━━━ Data for this task

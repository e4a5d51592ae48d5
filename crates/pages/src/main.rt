// Reads a journal from standard input; writes its ticks as pages of 50 rows, a line with the page's
// number after each, and `refused` where it is refused (02-change-requests.md, Ask 1).
//
// All that matters is in the libraries (crates/console).
#![tactic(auto)]

use std::rt::HostRuntime;

fn main(rt: HostRuntime) {
    console::play_by(&rt, b"pages", printer::PAGES);
}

━━━━━━

## Exercise directions
Repeat the entries word for word. Skip none of them.

## Exercise output
repository e4a5d51592ae48d5
filename crates/pages/src/main.rt
// Reads a journal from standard input; writes its ticks as pages of 50 rows, a line with the page's
// number after each, and `refused` where it is refused (02-change-requests.md, Ask 1).
//
// All that matters is in the libraries (crates/console).
#![tactic(auto)]

use std::rt::HostRuntime;

fn main(rt: HostRuntime) {
    console::play_by(&rt, b"pages", printer::PAGES);
}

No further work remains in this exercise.